WORK ORDER:
The lines to reproduce from the material below are those from the one containing "compare_row(&mut differences, rt.alloc(), row)?;" through the one containing "assert_eq!(rt; flow.cancel(id), true);", both included; write them out exactly and add nothing.

EXERCISE INPUT:

====

//! A shared flow's worked examples on one thread, by its calls, and each call once where all goes well.

use crate::tools::assert_none;
use cold_flow::{Policy, Refusal};
use hot_callers::{received_in_turn, received_once};
use list_callers::run_new_flow;
use shared_core::{
    Begun, Call, Config, Emit, Next, Reply, SharedState, SubId, Ticket, Tried, Withdrawn,
};
use std::alloc::{AllocError, Global};
use std::test::Fail;
use trial_tools::Differences;

/// The numbers stay below this.
const LIMIT: u64 = 1 << 62;

const LAST: u64 = LIMIT - 1;

const NEXT_TO_LAST: u64 = LIMIT - 2;

const PLAIN: Config = Config {
    replay: 0,
    extra: 1,
    policy: Policy::Suspend,
    subscribers: 1,
    emits: 1,
    first: 0,
};

/// A flow of two subscribers that hands its values over.
const HANDING_OVER: Config = Config {
    extra: 0,
    subscribers: 2,
    ..PLAIN
};

/// A call, and its reply.
pub(crate) type Exchange = (Call<u64>, Reply<u64>);

/// The calls of a new flow with their replies, and its replay cache after them.
struct Row<'a> {
    name: &'a str,
    config: Config,
    exchanges: &'a [Exchange],
    cache: &'a [u64],
}

const FIRST_SUBSCRIBES: Exchange = (Call::Subscribe, Reply::Sub(Ok(SubId(0))));

const SECOND_SUBSCRIBES: Exchange = (Call::Subscribe, Reply::Sub(Ok(SubId(1))));

const EMISSION_WAITS: Exchange = (
    Call::Start(0, 7),
    Reply::Begun(Ok(Begun::Waiting(Ticket(0)))),
);

const FIRST_RECEIVES: Exchange = (Call::Next(SubId(0)), Reply::Next(Next::Value(7)));

const SECOND_RECEIVES: Exchange = (Call::Next(SubId(1)), Reply::Next(Next::Value(7)));

const LEFT: Exchange = (
    Call::Withdraw(Ticket(0)),
    Reply::Withdrawn(Withdrawn::Left(0)),
);

const GONE: Exchange = (Call::Withdraw(Ticket(0)), Reply::Withdrawn(Withdrawn::Gone));

const ROWS: &[Row<'_>] = &[
    Row {
        name: "run_of_calls",
        config: PLAIN,
        exchanges: &[
            FIRST_SUBSCRIBES,
            (Call::Try(1, 7), Reply::Tried(Ok(Tried::Accepted(0)))),
            FIRST_RECEIVES,
            (Call::Next(SubId(0)), Reply::Next(Next::Nothing)),
        ],
        cache: &[],
    },
    Row {
        name: "run_of_every_call",
        config: Config {
            replay: 1,
            extra: 0,
            emits: 2,
            ..PLAIN
        },
        exchanges: &[
            FIRST_SUBSCRIBES,
            (Call::Count, Reply::Count(1)),
            (Call::Start(1, 10), Reply::Begun(Ok(Begun::Accepted(0)))),
            (
                Call::Start(1, 11),
                Reply::Begun(Ok(Begun::Waiting(Ticket(0)))),
            ),
            (
                Call::Start(2, 12),
                Reply::Begun(Ok(Begun::Waiting(Ticket(1)))),
            ),
            (
                Call::Withdraw(Ticket(1)),
                Reply::Withdrawn(Withdrawn::Removed),
            ),
            (Call::Next(SubId(0)), Reply::Next(Next::Value(10))),
            (Call::Poll(Ticket(0)), Reply::Emit(Emit::Done(1))),
            GONE,
            (Call::Try(3, 13), Reply::Tried(Ok(Tried::Full))),
            (Call::Reset, Reply::Reset),
            (Call::Cancel(SubId(0)), Reply::Cancelled(true)),
            SECOND_SUBSCRIBES,
            (Call::Next(SubId(1)), Reply::Next(Next::Nothing)),
            (Call::Count, Reply::Count(1)),
        ],
        cache: &[],
    },
    Row {
        name: "each call where all goes well",
        config: Config { replay: 2, ..PLAIN },
        exchanges: &[
            (Call::Try(0, 1), Reply::Tried(Ok(Tried::Accepted(0)))),
            (Call::Try(0, 2), Reply::Tried(Ok(Tried::Accepted(1)))),
            (Call::Try(0, 3), Reply::Tried(Ok(Tried::Accepted(2)))),
            FIRST_SUBSCRIBES,
            (Call::Subscribe, Reply::Sub(Err(Refusal::SubscribersFull))),
            (Call::Count, Reply::Count(1)),
            (Call::Reset, Reply::Reset),
            (Call::Next(SubId(0)), Reply::Next(Next::Value(2))),
            (Call::Start(0, 4), Reply::Begun(Ok(Begun::Accepted(3)))),
            (Call::Start(0, 5), Reply::Begun(Ok(Begun::Accepted(4)))),
            (
                Call::Start(0, 6),
                Reply::Begun(Ok(Begun::Waiting(Ticket(0)))),
            ),
            (Call::Start(0, 7), Reply::Begun(Err(Refusal::EmitsFull))),
            (Call::Poll(Ticket(0)), Reply::Emit(Emit::Waiting)),
            (Call::Cancel(SubId(0)), Reply::Cancelled(true)),
            (Call::Poll(Ticket(0)), Reply::Emit(Emit::Done(5))),
            GONE,
        ],
        cache: &[5, 6],
    },
    Row {
        name: "numbers_spent, from the last number on",
        config: Config {
            extra: 2,
            subscribers: 2,
            emits: 2,
            first: LAST,
            ..PLAIN
        },
        exchanges: &[
            (Call::Subscribe, Reply::Sub(Ok(SubId(LAST)))),
            (Call::Subscribe, Reply::Sub(Err(Refusal::Spent))),
            (Call::Try(0, 7), Reply::Tried(Ok(Tried::Accepted(LAST)))),
            (Call::Try(0, 8), Reply::Tried(Err(Refusal::Spent))),
            (Call::Next(SubId(LAST)), Reply::Next(Next::Value(7))),
            (Call::Next(SubId(LAST)), Reply::Next(Next::Nothing)),
        ],
        cache: &[],
    },
    Row {
        name: "numbers_spent, without any number",
        config: Config {
            extra: 2,
            subscribers: 2,
            emits: 2,
            first: LIMIT,
            ..PLAIN
        },
        exchanges: &[(Call::Try(0, 7), Reply::Tried(Err(Refusal::Spent)))],
        cache: &[],
    },
    Row {
        name: "spent_before_full",
        config: Config {
            extra: 0,
            first: LAST,
            ..PLAIN
        },
        exchanges: &[
            (Call::Subscribe, Reply::Sub(Ok(SubId(LAST)))),
            (
                Call::Start(0, 7),
                Reply::Begun(Ok(Begun::Waiting(Ticket(LAST)))),
            ),
            (Call::Start(0, 8), Reply::Begun(Err(Refusal::Spent))),
            (Call::Next(SubId(LAST)), Reply::Next(Next::Value(7))),
            (Call::Poll(Ticket(LAST)), Reply::Emit(Emit::Done(LAST))),
            (Call::Poll(Ticket(LAST)), Reply::Emit(Emit::Gone)),
            (Call::Try(0, 9), Reply::Tried(Err(Refusal::Spent))),
            (Call::Cancel(SubId(LAST)), Reply::Cancelled(true)),
            (Call::Try(0, 9), Reply::Tried(Err(Refusal::Spent))),
        ],
        cache: &[],
    },
    Row {
        name: "spent_before_places",
        config: Config {
            first: LAST,
            ..PLAIN
        },
        exchanges: &[
            (Call::Subscribe, Reply::Sub(Ok(SubId(LAST)))),
            (Call::Subscribe, Reply::Sub(Err(Refusal::Spent))),
        ],
        cache: &[],
    },
    Row {
        name: "withdrawn_tickets_stay_spent",
        config: Config {
            emits: 2,
            first: NEXT_TO_LAST,
            ..PLAIN
        },
        exchanges: &[
            (Call::Subscribe, Reply::Sub(Ok(SubId(NEXT_TO_LAST)))),
            (
                Call::Try(0, 1),
                Reply::Tried(Ok(Tried::Accepted(NEXT_TO_LAST))),
            ),
            (
                Call::Start(0, 2),
                Reply::Begun(Ok(Begun::Waiting(Ticket(NEXT_TO_LAST)))),
            ),
            (
                Call::Withdraw(Ticket(NEXT_TO_LAST)),
                Reply::Withdrawn(Withdrawn::Removed),
            ),
            (
                Call::Start(0, 3),
                Reply::Begun(Ok(Begun::Waiting(Ticket(LAST)))),
            ),
            (
                Call::Withdraw(Ticket(LAST)),
                Reply::Withdrawn(Withdrawn::Removed),
            ),
            (Call::Start(0, 4), Reply::Begun(Err(Refusal::Spent))),
            (Call::Try(0, 5), Reply::Tried(Ok(Tried::Full))),
        ],
        cache: &[],
    },
    Row {
        name: "withdrawn_at_hand_over, before the receipts",
        config: HANDING_OVER,
        exchanges: &[
            FIRST_SUBSCRIBES,
            SECOND_SUBSCRIBES,
            EMISSION_WAITS,
            LEFT,
            FIRST_RECEIVES,
            SECOND_RECEIVES,
            GONE,
        ],
        cache: &[],
    },
    Row {
        name: "withdrawn_at_hand_over, between the receipts",
        config: HANDING_OVER,
        exchanges: &[
            FIRST_SUBSCRIBES,
            SECOND_SUBSCRIBES,
            EMISSION_WAITS,
            FIRST_RECEIVES,
            LEFT,
            SECOND_RECEIVES,
            GONE,
        ],
        cache: &[],
    },
    Row {
        name: "withdrawn_at_hand_over, after the receipts",
        config: HANDING_OVER,
        exchanges: &[
            FIRST_SUBSCRIBES,
            SECOND_SUBSCRIBES,
            EMISSION_WAITS,
            FIRST_RECEIVES,
            SECOND_RECEIVES,
            LEFT,
            GONE,
        ],
        cache: &[],
    },
    Row {
        name: "ring_over_capacity",
        config: Config {
            replay: 1,
            extra: 2,
            policy: Policy::DropOldest,
            subscribers: 2,
            ..PLAIN
        },
        exchanges: &[
            FIRST_SUBSCRIBES,
            (Call::Try(1, 1), Reply::Tried(Ok(Tried::Accepted(0)))),
            (Call::Try(1, 2), Reply::Tried(Ok(Tried::Accepted(1)))),
            (Call::Try(1, 3), Reply::Tried(Ok(Tried::Accepted(2)))),
            (Call::Try(1, 4), Reply::Tried(Ok(Tried::Accepted(3)))),
            (Call::Try(1, 5), Reply::Tried(Ok(Tried::Accepted(4)))),
            SECOND_SUBSCRIBES,
            (Call::Next(SubId(0)), Reply::Next(Next::Value(3))),
            (Call::Next(SubId(0)), Reply::Next(Next::Value(4))),
            (Call::Next(SubId(0)), Reply::Next(Next::Value(5))),
            (Call::Next(SubId(0)), Reply::Next(Next::Nothing)),
            (Call::Next(SubId(1)), Reply::Next(Next::Value(5))),
        ],
        cache: &[5],
    },
];

/// The reply of a flow to a call, made by its method.
fn reply_to(flow: &mut SharedState<u64>, call: Call<u64>) -> Reply<u64> {
    match call {
        Call::Try(emitter, value) => Reply::Tried(flow.try_emit(emitter, value)),
        Call::Start(emitter, value) => Reply::Begun(flow.start_emit(emitter, value)),
        Call::Poll(ticket) => Reply::Emit(flow.poll_emit(ticket)),
        Call::Withdraw(ticket) => Reply::Withdrawn(flow.cancel_emit(ticket)),
        Call::Subscribe => Reply::Sub(flow.subscribe()),
        Call::SubscribeWith(prelude) => Reply::Sub(flow.subscribe_with(prelude)),
        Call::Next(id) => Reply::Next(flow.next(id)),
        Call::Cancel(id) => Reply::Cancelled(flow.cancel(id)),
        Call::Reset => {
            flow.reset_replay();
            Reply::Reset
        }
        Call::Count => Reply::Count(flow.subscription_count()),
    }
}

/// Whether the flow replies to the call as it should.
pub(crate) fn is_replied(flow: &mut SharedState<u64>, exchange: &Exchange) -> bool {
    let (call, reply) = *exchange;
    reply_to(flow, call) == reply
}

/// How many of the calls, from the first on, were replied to as they should be.
fn replied(flow: &mut SharedState<u64>, exchanges: &[Exchange]) -> usize {
    for (index, exchange) in exchanges.iter().enumerate() {
        if !is_replied(flow, exchange) {
            return index;
        }
    }
    exchanges.len()
}

/// How many of the calls on a new flow, from the first on, were replied to as they should be, and whether its replay cache is then
/// as it should be.
fn replied_by_new(alloc: Global, row: &Row<'_>) -> Result<(usize, bool), Refusal> {
    let mut flow = SharedState::new(alloc, row.config)?;
    let count = replied(&mut flow, row.exchanges);
    Ok((count, caches(&flow, row.cache)))
}

fn calls_of(alloc: Global, exchanges: &[Exchange]) -> Result<Vec<Call<u64>>, AllocError> {
    let mut calls = Vec::new(alloc);
    for (call, _) in exchanges {
        calls.push(*call)?;
    }
    Ok(calls)
}

/// Are these the wanted replies? One that is missing or too much is not as it should be.
fn are_replies(replies: &[Reply<u64>], exchanges: &[Exchange]) -> bool {
    if replies.len() != exchanges.len() {
        return false;
    }
    for (reply, (_, wanted)) in replies.iter().zip(exchanges) {
        if *reply != *wanted {
            return false;
        }
    }
    true
}

/// Whether a new flow replies so where it runs these calls as one list.
fn is_list_replied(
    alloc: Global,
    config: Config,
    calls: &[Call<u64>],
    exchanges: &[Exchange],
) -> Result<bool, Refusal> {
    let mut replies = Vec::new(alloc);
    let _flow = run_new_flow(alloc, config, calls, &mut replies)?;
    Ok(are_replies(&replies, exchanges))
}

/// Whether a new flow that runs all calls as one list replies as it should.
pub(crate) fn is_run(
    alloc: Global,
    config: Config,
    exchanges: &[Exchange],
) -> Result<bool, Refusal> {
    let calls = calls_of(alloc, exchanges)?;
    is_list_replied(alloc, config, &calls, exchanges)
}

/// Is the replay cache these values?
pub(crate) fn caches(flow: &SharedState<u64>, values: &[u64]) -> bool {
    if flow.replay_len() != values.len() as u64 {
        return false;
    }
    for (index, value) in values.iter().enumerate() {
        if index as u64 >= flow.replay_len() || flow.replay_at(index as u64) != *value {
            return false;
        }
    }
    true
}

// A row's calls, one by one and as a list.
fn compare_row(differences: &mut Differences, alloc: Global, row: &Row<'_>) -> Result<(), Fail> {
    let replied = replied_by_new(alloc, row)?;
    differences.compare(row.name, replied, (row.exchanges.len(), true))?;
    differences.compare(row.name, is_run(alloc, row.config, row.exchanges)?, true)
}

#[test]
fn calls_are_replied_to(rt: HostRuntime) -> Result<(), Fail> {
    let mut differences = Differences::none(rt.alloc());
    for row in ROWS {
        compare_row(&mut differences, rt.alloc(), row)?;
    }
    assert_none(&rt, &differences);
    Ok(())
}

#[test]
fn callers_receive(rt: HostRuntime) -> Result<(), Fail> {
    assert_eq!(rt; received_once(rt.alloc(), 7), Ok(Next::Value(7)));
    assert_eq!(rt; received_in_turn(rt.alloc(), 7, 8), Ok(Next::Value(8)));
    Ok(())
}

/// A flow of three places, which holds up what has none.
const THREE_PLACES: Config = Config { extra: 3, ..PLAIN };

// Four values for three places. A list with room for two takes two, and the next one what is left.
#[test]
fn blocks_are_accepted_and_received(rt: HostRuntime) -> Result<(), Fail> {
    let mut flow = SharedState::new(rt.alloc(), THREE_PLACES)?;
    let id = flow.subscribe()?;
    assert_eq!(rt; flow.try_emit_all(0, &[5, 6, 7, 8]), Ok(3));
    assert_eq!(rt; flow.try_emit_all(0, &[8]), Ok(0));
    let mut out = Vec::with_capacity(rt.alloc(), 2)?;
    assert_eq!(rt; flow.try_next_all(id, &mut out), Next::Value(2));
    assert_eq!(rt; flow.try_next_all(id, &mut out), Next::Value(0));
    assert_eq!(rt; out.as_slice(), [5, 6].as_slice());
    out.clear();
    assert_eq!(rt; flow.try_next_all(id, &mut out), Next::Value(1));
    assert_eq!(rt; out.as_slice(), [7].as_slice());
    assert_eq!(rt; flow.try_next_all(id, &mut out), Next::Nothing);
    assert_eq!(rt; flow.cancel(id), true);
    assert_eq!(rt; flow.try_next_all(id, &mut out), Next::Closed);
    Ok(())
}

// The last number is given, and then none is left.
#[test]
fn block_is_cut_where_numbers_end(rt: HostRuntime) -> Result<(), Fail> {
    let mut flow = SharedState::new(
        rt.alloc(),
        Config {
            first: LAST,
            ..THREE_PLACES
        },
    )?;
    assert_eq!(rt; flow.try_emit_all(0, &[5, 6]), Ok(1));
    assert_eq!(rt; flow.try_emit_all(0, &[6]), Err(Refusal::Spent));
    assert_eq!(rt; flow.try_emit_all(0, &[]), Ok(0));
    Ok(())
}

====

ANSWER TO THE EXERCISE:
        compare_row(&mut differences, rt.alloc(), row)?;
    }
    assert_none(&rt, &differences);
    Ok(())
}

#[test]
fn callers_receive(rt: HostRuntime) -> Result<(), Fail> {
    assert_eq!(rt; received_once(rt.alloc(), 7), Ok(Next::Value(7)));
    assert_eq!(rt; received_in_turn(rt.alloc(), 7, 8), Ok(Next::Value(8)));
    Ok(())
}

/// A flow of three places, which holds up what has none.
const THREE_PLACES: Config = Config { extra: 3, ..PLAIN };

// Four values for three places. A list with room for two takes two, and the next one what is left.
#[test]
fn blocks_are_accepted_and_received(rt: HostRuntime) -> Result<(), Fail> {
    let mut flow = SharedState::new(rt.alloc(), THREE_PLACES)?;
    let id = flow.subscribe()?;
    assert_eq!(rt; flow.try_emit_all(0, &[5, 6, 7, 8]), Ok(3));
    assert_eq!(rt; flow.try_emit_all(0, &[8]), Ok(0));
    let mut out = Vec::with_capacity(rt.alloc(), 2)?;
    assert_eq!(rt; flow.try_next_all(id, &mut out), Next::Value(2));
    assert_eq!(rt; flow.try_next_all(id, &mut out), Next::Value(0));
    assert_eq!(rt; out.as_slice(), [5, 6].as_slice());
    out.clear();
    assert_eq!(rt; flow.try_next_all(id, &mut out), Next::Value(1));
    assert_eq!(rt; out.as_slice(), [7].as_slice());
    assert_eq!(rt; flow.try_next_all(id, &mut out), Next::Nothing);
    assert_eq!(rt; flow.cancel(id), true);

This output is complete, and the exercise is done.